> What is needed
Show each line of the data below in which "words" occurs.

(Excerpted records)

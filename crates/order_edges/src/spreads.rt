// A part of an order spread into a list of demands.
ghost use Rattle.std.specs.Prelude.{◌≡◌, length};

use crate::demands::print_list;
use order_file::spread;
use samples::demands::{LENT_DEMAND, lent_demands};
use samples::file_bytes::front;
use samples::lent_records::ENTRIES;
use std::array;

// One demand more than a part may hold.
const PART_BYTES: usize = 1026;

// One edge: a part of so many bytes, spread into a list of so many entries.
pub fn edge(rt: &impl Print, part: usize, list: usize) {
    let bytes = part_bytes();
    let mut demands = [LENT_DEMAND; ENTRIES];
    let answer = spread(front(&bytes, part), lent_demands(&mut demands, list));
    report::words(rt, b"part of");
    report::number(rt, part as u64);
    report::words(rt, b" in a list of");
    report::number(rt, list as u64);
    report::words(rt, b":");
    print_list(rt, answer, &demands);
}

// Bytes in no order.
fn part_bytes() -> [u8; PART_BYTES]
    ensures { 1026 ≡ length result }
{
    array::from_fn(|i| ((i * 167 + i / 7) % 251) as u8)
}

(End Excerpted records)

> Answer to this problem
    report::words(rt, b"part of");
    report::words(rt, b" in a list of");
    report::words(rt, b":");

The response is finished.